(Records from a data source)
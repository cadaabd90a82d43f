//! Worked rows of heaps: bytes that are written out by hand from the layout.
use lc_heap::{allocate, check, format, free};

// A heap of 64 bytes with one free block.
const EMPTY: [u8; 64] = [
    b'H', b'E', b'A', b'P', 1, 0, 0, 0, // the head of the heap
    48, 0, 0, 0, 0, 0, 0, 0, // a free block with a room of 48 bytes
    0, 0, 0, 0, 0, 0, 0, 0, 0, 0, 0, 0, 0, 0, 0, 0, //
    0, 0, 0, 0, 0, 0, 0, 0, 0, 0, 0, 0, 0, 0, 0, 0, //
    0, 0, 0, 0, 0, 0, 0, 0, 0, 0, 0, 0, 0, 0, 0, 0,
];

// The same with a block of 5 bytes, `hello`.
const HELLO: [u8; 64] = [
    b'H', b'E', b'A', b'P', 1, 0, 0, 0, //
    8, 0, 0, 0, 6, 0, 0, 0, // a block with a room of 8 bytes, of which 5 were asked for
    b'h', b'e', b'l', b'l', b'o', 0, 0, 0, //
    32, 0, 0, 0, 0, 0, 0, 0, // what is left: a free block with a room of 32 bytes
    0, 0, 0, 0, 0, 0, 0, 0, //
    0, 0, 0, 0, 0, 0, 0, 0, 0, 0, 0, 0, 0, 0, 0, 0, //
    0, 0, 0, 0, 0, 0, 0, 0,
];

// Writes bytes from a place on.
fn write(bytes: &mut [u8], place: u32, new: &[u8]) {
    for (byte, new) in bytes.iter_mut().skip(place as usize).zip(new) {
        *byte = *new;
    }
}

#[test]
fn a_heap_is_formatted_and_a_block_allocated(rt: HostRuntime) {
    let mut bytes = [0; 64];
    if let Some(front) = format(64) {
        write(&mut bytes, 0, &front);
    }
    assert!(rt; bytes == EMPTY);
    if let Ok(given) = allocate(&bytes, 5) {
        write(&mut bytes, given.head.place, &given.head.head);
        if let Some(rest) = given.rest {
            write(&mut bytes, rest.place, &rest.head);
        }
        write(&mut bytes, given.offset, b"hello");
    }
    assert!(rt; bytes == HELLO);
}

#[test]
fn a_block_is_freed_and_a_fault_found(rt: HostRuntime) {
    let mut bytes = HELLO;
    if let Ok(change) = free(&bytes, 16) {
        write(&mut bytes, change.place, &change.head);
    }
    assert!(rt; bytes[8..16] == [8, 0, 0, 0, 0, 0, 0, 0]);
    // a length beyond the room is a fault, at the place of the head
    let mut broken = HELLO;
    broken[12] = 10;
    assert!(rt; check(&broken) == Err(8));
}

* **TASK GOAL**:
Please set down again, word for word, only the lines from the start of the entries through the line with "48, 0, 0, 0, 0, 0, 0, 0, //", both ends included.

* **TASK SOLUTION**:
repository cadaabd90a82d43f
//! Worked rows of heaps: bytes that are written out by hand from the layout.
use lc_heap::{allocate, check, format, free};

// A heap of 64 bytes with one free block.
const EMPTY: [u8; 64] = [
    b'H', b'E', b'A', b'P', 1, 0, 0, 0, // the head of the heap
    48, 0, 0, 0, 0, 0, 0, 0, // a free block with a room of 48 bytes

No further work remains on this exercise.